La obsesión por controlar hasta el último resquicio de la economía y la vida social, un modelo que prioriza la lealtad política sobre la eficiencia, y la represión como herramienta de gobierno, son males endémicos que el discurso oficial se niega a diagnosticar. El bloqueo -supuesto, insisto- es el muro de fuera; pero dentro, los cimientos llevan tiempo agrietados.

¿Los cubanos debemos seguir permitiendo que mueran ancianos y los jóvenes se vayan, solo porque hay un supuesto bloqueo? La disyuntiva es brutal. Por un lado, el gobierno instala la idea de que toda crítica interna fortalece al enemigo, convirtiendo el descontento legítimo en una tracción a la patria.

Por otro, una ciudadanía exhausta asiste a una diáspora que no cesa, con un costo calculado en 2.570 millones de dólares por la pérdida de fuerza laboral calificada. Es la paradoja perfecta: el mismo sistema que se presenta como escudo contra el imperialismo, es incapaz de generar las condiciones para que sus hijos quieran vivir en la tierra que defiende con tanto ahínco. La fuga de cerebros no es un daño colateral del bloqueo; es el síntoma de un proyecto nacional en quiebra.

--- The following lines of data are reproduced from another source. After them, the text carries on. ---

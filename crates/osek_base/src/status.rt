//! OSEK/VDX OS: error codes, task states and conformance classes. What services answer.

ghost use Rattle.std.specs.Prelude.{◌≡◌};
ghost use Rattle.osek_base.specs.Classes.{class_name};
ghost use Rattle.osek_base.specs.Service.{state_number};
ghost use Rattle.osek_base.specs.Tick.{status_number};

/// The status of a service: E_OK, the standard's errors E_OS_ACCESS and so on, and E_OS_SYS_DISABLED, the answer while
/// interrupts are off.
#[derive(Clone, Copy, PartialEq, Eq)]
pub enum Status {
    Ok,
    Access,
    CallLevel,
    Id,
    Limit,
    NoFunc,
    Resource,
    State,
    Value,
    SysDisabled,
}

impl Status {
    /// The number of the status: the standard's 0 to 8, and 32 for E_OS_SYS_DISABLED.
    pub const fn number(self) -> u8
        ensures { result ≡ status_number self }
    {
        match self {
            Status::Ok => 0,
            Status::Access => 1,
            Status::CallLevel => 2,
            Status::Id => 3,
            Status::Limit => 4,
            Status::NoFunc => 5,
            Status::Resource => 6,
            Status::State => 7,
            Status::Value => 8,
            Status::SysDisabled => 32,
        }
    }
}

/// The states of a task, as GetTaskState answers them.
#[derive(Clone, Copy, PartialEq, Eq)]
pub enum TaskState {
    Running,
    Waiting,
    Ready,
    Suspended,
}

impl TaskState {
    /// The number of the state, 0 to 3.
    pub const fn number(self) -> u8
        ensures { result ≡ state_number self }
    {
        match self {
            TaskState::Running => 0,
            TaskState::Waiting => 1,
            TaskState::Ready => 2,
            TaskState::Suspended => 3,
        }
    }
}

/// The conformance classes.
#[derive(Clone, Copy)]
pub enum Class {
    Bcc1,
    Bcc2,
    Ecc1,
    Ecc2,
}

impl Class {
    /// The class as the standard writes it: `BCC1`, `BCC2`, `ECC1` or `ECC2`.
    pub const fn name(self) -> &'static str
        ensures { result.now ≡ class_name self }
    {
        match self {
            Class::Bcc1 => "BCC1",
            Class::Bcc2 => "BCC2",
            Class::Ecc1 => "ECC1",
            Class::Ecc2 => "ECC2",
        }
    }
}
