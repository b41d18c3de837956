//! The files that are imported, and the places in them.

/// A file: its name as it was given, and its bytes.
#[derive(Clone, Copy)]
pub struct Source<'a> {
    pub name: &'a str,
    pub text: &'a [u8],
}

/// A place in a file: which file of those given, counted from 0, and a line and a column in bytes,
/// counted from 1. LF, CR and CR LF end a line. A byte order mark isn't counted.
#[derive(Clone, Copy)]
pub struct Place {
    pub file: usize,
    pub line: usize,
    pub column: usize,
}

const LF: u8 = b'\n';

const CR: u8 = b'\r';

impl Place {
    /// The first place of a file.
    pub(crate) fn first(file: usize) -> Place {
        Place {
            file,
            line: 1,
            column: 1,
        }
    }

    /// The place behind a byte, which stands behind another.
    pub(crate) fn behind(self, before: u8, byte: u8) -> Place {
        let Place { file, line, column } = self;
        if byte == LF && before == CR {
            return self;
        }
        if byte == LF || byte == CR {
            return Place {
                file,
                line: line.saturating_add(1),
                column: 1,
            };
        }
        Place {
            file,
            line,
            column: column.saturating_add(1),
        }
    }
}

impl<'a> Source<'a> {
    /// Its bytes without a byte order mark.
    pub(crate) fn content(self) -> &'a [u8] {
        self.text.strip_prefix(b"\xEF\xBB\xBF").unwrap_or(self.text)
    }
}

/// The last part of a path, behind its last `/` or `\`.
pub(crate) fn last_part(path: &[u8]) -> &[u8] {
    let mut behind = 0;
    for (number, byte) in path.iter().enumerate() {
        if *byte == b'/' || *byte == b'\\' {
            behind = number.saturating_add(1);
        }
    }
    let (_, part) = path.split_at(behind.min(path.len()));
    part
}
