//! OIL: standard objects. Routines that are read with another meaning where that is asked for:
//! those of category 1 and 3, and those that list resources.

use crate::braces::inside;
use crate::declared::is_scheduler;
use crate::defaults::Defaults;
use crate::earlier::EarlierAttributes;
use crate::items::{Item, Written, value_in};
use crate::messages::{Message, Subject, Verdict};
use crate::objects::depth_of;
use crate::priorities::number;
use crate::reasons;
use crate::settings::Importer;
use crate::sources::Place;
use crate::taken::{Taken, bent, untaken};
use oil_reader::{AttributeName, Kind};
use std::alloc::{AllocError, Global};

/// What routines of category 1 and 3 are taken as.
const CATEGORY: &str = "2";

/// Which bends are asked for, and what they go by.
#[derive(Drop)]
pub(crate) struct Bends<'a> {
    /// Whether all are.
    pub are_asked: bool,
    /// The resources that tasks list.
    listed: Vec<&'a str>,
}

/// Whether a value is a category of routines that there is elsewhere: those that interrupt the
/// kernel, and those of older standards that enter it by a call of their own.
pub(crate) fn is_other_category(attribute: AttributeName, value: &str) -> bool {
    attribute == AttributeName::Category && matches!(number(value), Some(1 | 3))
}

/// Whether attributes, which lie at that depth, are those of a routine of category 1 or 3.
pub(crate) fn is_bent_routine(
    attributes: &[Item<'_>],
    depth: usize,
    defaults: &Defaults<'_>,
) -> bool {
    let category = AttributeName::Category;
    match value_in(attributes, depth, category.word()).or(defaults.of(category)) {
        Some(value) => is_other_category(category, value),
        None => false,
    }
}

impl<'a> Bends<'a> {
    /// Those of the objects among items, which lie at that depth.
    pub(crate) fn new(
        alloc: Global,
        items: &[Item<'a>],
        depth: usize,
        are_asked: bool,
    ) -> Result<Self, AllocError> {
        let mut listed = Vec::new(alloc);
        let own = depth.saturating_add(1);
        for (at, item) in items.iter().enumerate() {
            if item.depth == depth && item.word == "TASK" {
                for attribute in inside(items, at, depth) {
                    if let ("RESOURCE", Written::Word(name)) = (attribute.word, attribute.written) {
                        if attribute.depth == own {
                            listed.push(name)?;
                        }
                    }
                }
            }
        }
        Ok(Bends { are_asked, listed })
    }
}

/// What stands for a category that is missing, where its default is one of those.
pub(crate) fn default_category<'a>(value: &'a str, end: Place) -> Taken<'a> {
    Taken {
        value: Some(CATEGORY),
        message: Some(Message {
            place: end,
            verdict: Verdict::Kept,
            subject: Subject::Setting(AttributeName::Category.word(), value),
            reason: reasons::BENT_CATEGORY,
        }),
    }
}

impl<'a> Importer<'a> {
    /// What is taken for a category of routines that there is elsewhere.
    pub(crate) fn other_category(&self, item: &Item<'a>, value: &'a str) -> Taken<'a> {
        let subject = Subject::Setting(item.word, value);
        if self.bends.are_asked {
            return bent(item, CATEGORY, subject, reasons::BENT_CATEGORY);
        }
        let reason = reasons::OTHER_CATEGORY;
        untaken(item.written_place, Verdict::Refused, subject, reason)
    }

    /// Sets the priority of a routine of category 1 or 3 that says none.
    pub(crate) fn set_bent_priority(
        &mut self,
        end: Place,
        attributes: &[Item<'a>],
        seen: &mut EarlierAttributes<'a>,
    ) -> Result<(), AllocError> {
        let attribute = AttributeName::IsrPriority;
        let is_said = seen.has(attribute) || self.defaults.of(attribute).is_some();
        let is_bent = is_bent_routine(attributes, depth_of(attributes), &self.defaults);
        if !self.bends.are_asked || !is_bent || is_said {
            return Ok(());
        }
        seen.add(attribute, None)?;
        let priority = self.priorities.of_bent_routine();
        let subject = Subject::Number(attribute.word(), priority);
        self.messages
            .tell(end, Verdict::Set, subject, reasons::BENT_PRIORITY)?;
        self.draft.number(attribute.word(), priority)
    }

    /// Whether a task may hold a resource, or one that is linked to it.
    fn is_of_tasks(&self, name: &str) -> bool {
        if is_scheduler(Kind::Resource, name) {
            return true;
        }
        for listed in &self.bends.listed {
            if *listed == name || self.links.are_linked(listed, name) {
                return true;
            }
        }
        false
    }

    /// A resource that a routine lists.
    pub(crate) fn routines_resource(&mut self, item: &Item<'a>) -> Result<(), AllocError> {
        if self.refuse_form(item)? {
            return Ok(());
        }
        let Written::Word(name) = item.written else {
            let subject = Subject::Word(item.word);
            return self.messages.refuse(item.place, subject, reasons::NO_VALUE);
        };
        let subject = Subject::Setting(item.word, name);
        if self.bends.are_asked && !self.is_resource(name) {
            let (place, reason) = (item.written_place, reasons::UNKNOWN_REFERENCE);
            return self.messages.refuse(place, subject, reason);
        }
        let (verdict, reason) = if !self.bends.are_asked {
            (Verdict::Refused, reasons::ROUTINES_RESOURCE)
        } else if self.is_of_tasks(name) {
            (Verdict::Kept, reasons::SHARED_RESOURCE)
        } else {
            (Verdict::LeftOut, reasons::RESOURCE_OF_ROUTINES)
        };
        self.messages.tell(item.place, verdict, subject, reason)
    }

    /// Whether a resource is declared, or is there without.
    fn is_resource(&self, name: &str) -> bool {
        let kind = Kind::Resource;
        is_scheduler(kind, name) || self.objects.find(kind, name).is_some()
    }
}
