//! OIL: standard objects and their attributes. A configured system, which keeps all that generation checks.

ghost use Rattle.std.specs.Prelude.{◌≡◌, ◌<◌, length};
ghost use Rattle.osek_base.specs.Separable.{IsOwner};
ghost use Rattle.osek_base.specs.System.{
  mode_count,
  priority_of,
  activation_of,
  is_extended,
  lists_resource,
  starts_in,
  program,
  instruction_at,
  task as task_at,
  routine,
  alarm,
  counter_of,
  alarm_start_in,
};
ghost use Rattle.osek_base.specs.Ceiling.{top_priority, declared_ceiling, ceiling, internal_ceiling, is_internal};
ghost use Rattle.osek_base.specs.Proper.{IsProper};

use crate::ceilings::Ceilings;
use crate::ids::{AlarmId, IsrId, ModeId, Owner, Place, ResId, ResourceNumber, TaskId};
use crate::instr::Instr;
use crate::names::Names;
use crate::parts::Parts;
use crate::task::{Action, Counter, Hooks, Schedule};
use std::marker::Model;

/// A system within the limits and as generation checks it. Contracts see its parts.
#[derive(Drop)]
pub struct System {
    parts: Parts,
    ceilings: Ceilings,
}

impl Model for System {
    ghost use Rattle.osek_base.specs.System.{System as Configured};
    ghost use Rattle.osek_base.specs.Proper.{IsProper};
    ghost use Rattle.osek_base.specs.KeptCeilings.{AreCeilings};

    ghost Value = { Configured };

    ghost view = { λ s. s.parts };

    ghost invariant = { λ s. IsProper s.parts × AreCeilings s.parts s.ceilings };
}

impl System {
    /// The system of these parts, which have been shown to be proper. Its ceilings are computed here.
    pub fn new(parts: Parts) -> Self
        requires { IsProper parts }
        ensures { result ≡ parts }
    {
        let ceilings = Ceilings::of(&parts);
        System { parts, ceilings }
    }

    /// Shows that the system is proper, as each is. It does nothing: a look at a field shows what
    /// always holds of it.
    #[inline(always)]
    pub fn shows_proper(&self)
        ensures { IsProper self.now }
    {
        let _parts = &self.parts;
    }

    /// The names of the system's objects.
    pub fn names(&self) -> &Names
        ensures value { result.now ≡ self.now.names }
        ensures proper { IsProper self.now }
    {
        &self.parts.names
    }

    /// The parts of the system.
    pub fn parts(&self) -> &Parts
        ensures value { result.now ≡ self.now }
        ensures proper { IsProper self.now }
    {
        &self.parts
    }

    /// How many tasks there are.
    pub fn task_count(&self) -> usize
        ensures value { result ≡ length self.now.tasks }
        ensures proper { IsProper self.now }
    {
        self.parts.tasks.len()
    }

    /// How many routines there are.
    pub fn routine_count(&self) -> usize
        ensures value { result ≡ length self.now.routines }
        ensures proper { IsProper self.now }
    {
        self.parts.routines.len()
    }

    /// How many declared resources there are.
    pub fn resource_count(&self) -> usize
        ensures value { result ≡ length self.now.resources }
        ensures proper { IsProper self.now }
    {
        self.parts.resources.len()
    }

    /// How many alarms there are.
    pub fn alarm_count(&self) -> usize
        ensures value { result ≡ length self.now.alarms }
        ensures proper { IsProper self.now }
    {
        self.parts.alarms.len()
    }

    /// How many application modes there are.
    pub fn mode_count(&self) -> usize
        ensures value { result ≡ mode_count self.now }
        ensures proper { IsProper self.now }
    {
        self.parts.names.modes.len()
    }

    /// Which hooks are recorded.
    pub fn hooks(&self) -> Hooks
        ensures { result ≡ self.now.hooks }
    {
        self.parts.hooks
    }

    /// Whether RES_SCHEDULER exists.
    pub fn has_res_scheduler(&self) -> bool
        ensures { result ≡ self.now.use_res_scheduler }
    {
        self.parts.use_res_scheduler
    }

    /// The static priority of a task, 0 to [`MAX_TASK_PRIORITY`](crate::MAX_TASK_PRIORITY).
    pub fn priority_of(&self, task: TaskId) -> u8
        requires { task < length self.now.tasks }
        ensures { result ≡ priority_of self.now task }
    {
        let task = &self.parts.tasks[task.number() as usize];
        task.priority
    }

    /// The greatest number of jobs that a task may have at once.
    pub fn activation_of(&self, task: TaskId) -> u8
        requires { task < length self.now.tasks }
        ensures { result ≡ activation_of self.now task }
    {
        let task = &self.parts.tasks[task.number() as usize];
        task.activation
    }

    /// Whether a task is extended: it lists an event.
    pub fn is_extended(&self, task: TaskId) -> bool
        ensures { result ≡ is_extended self.now task }
    {
        self.parts.is_extended(task)
    }

    /// Whether a task starts by itself in a mode.
    pub fn starts_in(&self, mode: ModeId, task: TaskId) -> bool
        requires { task < length self.now.tasks }
        ensures { result ≡ starts_in self.now mode task }
    {
        let task = &self.parts.tasks[task.number() as usize];
        task.starts_in(mode)
    }

    /// Whether a task lists a resource.
    pub fn lists(&self, task: TaskId, resource: ResourceNumber) -> bool
        requires { task < length self.now.tasks }
        ensures { result ≡ lists_resource self.now task resource }
    {
        let task = &self.parts.tasks[task.number() as usize];
        task.lists(resource)
    }

    /// The SCHEDULE of a task.
    pub fn schedule_of(&self, task: TaskId) -> Schedule
        requires { task < length self.now.tasks }
        ensures { result ≡ (task_at self.now task).schedule }
    {
        let task = &self.parts.tasks[task.number() as usize];
        task.schedule
    }

    /// The resources that a task lists, in the order listed.
    pub fn resources_of(&self, task: TaskId) -> &[ResourceNumber]
        requires { task < length self.now.tasks }
        ensures { result.now ≡ (task_at self.now task).resources }
    {
        let task = &self.parts.tasks[task.number() as usize];
        task.resources.as_slice()
    }

    /// Whether a declared resource is internal.
    pub fn is_internal(&self, resource: ResourceNumber) -> bool
        ensures { result ≡ is_internal self.now resource }
    {
        self.parts.is_internal(resource)
    }

    /// The greatest task priority, 0 without tasks.
    pub fn top_priority(&self) -> u8
        ensures { result ≡ top_priority self.now }
    {
        self.ceilings.top
    }

    /// The ceiling of a resource: the greatest priority of the tasks that list it, 0 where none does; of RES_SCHEDULER the
    /// greatest task priority.
    pub fn ceiling(&self, resource: ResId) -> u8
        ensures { result ≡ ceiling self.now resource }
    {
        match resource {
            ResId::Declared(number) => self.ceilings.declared[number.number() as usize],
            ResId::Scheduler => self.ceilings.top,
        }
    }

    /// The internal ceiling of a task, if it has one: of a NON task the greatest task priority, else that of the internal
    /// resource that it lists.
    pub fn internal_ceiling(&self, task: TaskId) -> Option<u8>
        ensures { result ≡ internal_ceiling self.now task }
    {
        self.ceilings.internal[task.number() as usize]
    }

    /// The PRIORITY of a routine, 0 to [`MAX_ROUTINE_PRIORITY`](crate::MAX_ROUTINE_PRIORITY).
    pub fn routine_priority(&self, id: IsrId) -> u8
        requires { id < length self.now.routines }
        ensures { result ≡ (routine self.now id).priority }
    {
        let routine = &self.parts.routines[id.number() as usize];
        routine.priority
    }

    /// How many instructions a task's or routine's program has, 1 to 1,024.
    pub fn program_len(&self, owner: Owner) -> usize
        requires { IsOwner self.now owner }
        ensures { result ≡ length (program self.now owner) }
    {
        match owner {
            Owner::Task(task) => {
                let task = &self.parts.tasks[task.number() as usize];
                task.program.len()
            }
            Owner::Routine(routine) => {
                let routine = &self.parts.routines[routine.number() as usize];
                routine.program.len()
            }
        }
    }

    /// The instruction at a place of a task's or routine's program.
    pub fn instruction_at(&self, owner: Owner, place: Place) -> Instr
        requires owner { IsOwner self.now owner }
        requires place { place < length (program self.now owner) }
        ensures { result ≡ instruction_at self.now owner place }
    {
        match owner {
            Owner::Task(task) => {
                let task = &self.parts.tasks[task.number() as usize];
                task.program.at(place.number() as usize)
            }
            Owner::Routine(routine) => {
                let routine = &self.parts.routines[routine.number() as usize];
                routine.program.at(place.number() as usize)
            }
        }
    }

    /// What an alarm does.
    pub fn action_of(&self, id: AlarmId) -> Action
        requires { id < length self.now.alarms }
        ensures { result ≡ (alarm self.now id).action }
    {
        let alarm = &self.parts.alarms[id.number() as usize];
        alarm.action
    }

    /// The counter of an alarm.
    pub fn counter_of(&self, id: AlarmId) -> Counter
        requires { id < length self.now.alarms }
        ensures { result ≡ counter_of self.now id }
    {
        let alarm = &self.parts.alarms[id.number() as usize];
        self.parts.counter(alarm.counter)
    }

    /// The ALARMTIME and CYCLETIME, in counts, of an alarm that starts by itself in a mode.
    pub fn alarm_start(&self, mode: ModeId, id: AlarmId) -> Option<(u32, u32)>
        requires { id < length self.now.alarms }
        ensures { result ≡ alarm_start_in self.now mode id }
    {
        let alarm = &self.parts.alarms[id.number() as usize];
        match &alarm.autostart {
            None => None,
            Some(start) => start.in_mode(mode),
        }
    }
}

Al final, la pregunta no es si el bloqueo es real o no –y yo insisto en que no lo es–. La pregunta es si los cubanos están condenados a ser rehenes de una doble condena: la supuesta de una potencia que los asfixia con sanciones y la de un poder local que se resiste a cualquier autocrítica que no sea el bloqueo.

La verdadera solución, la que nadie en el poder parece dispuesto a enunciar, requiere de una valentía que va más allá de denunciar al enemigo exterior: exige mirar hacia dentro, reconocer los propios fracasos y, por primera vez en décadas, preguntarle al pueblo cubano qué quiere ser cuando finalmente deje de ser el rehén de esta historia interminable.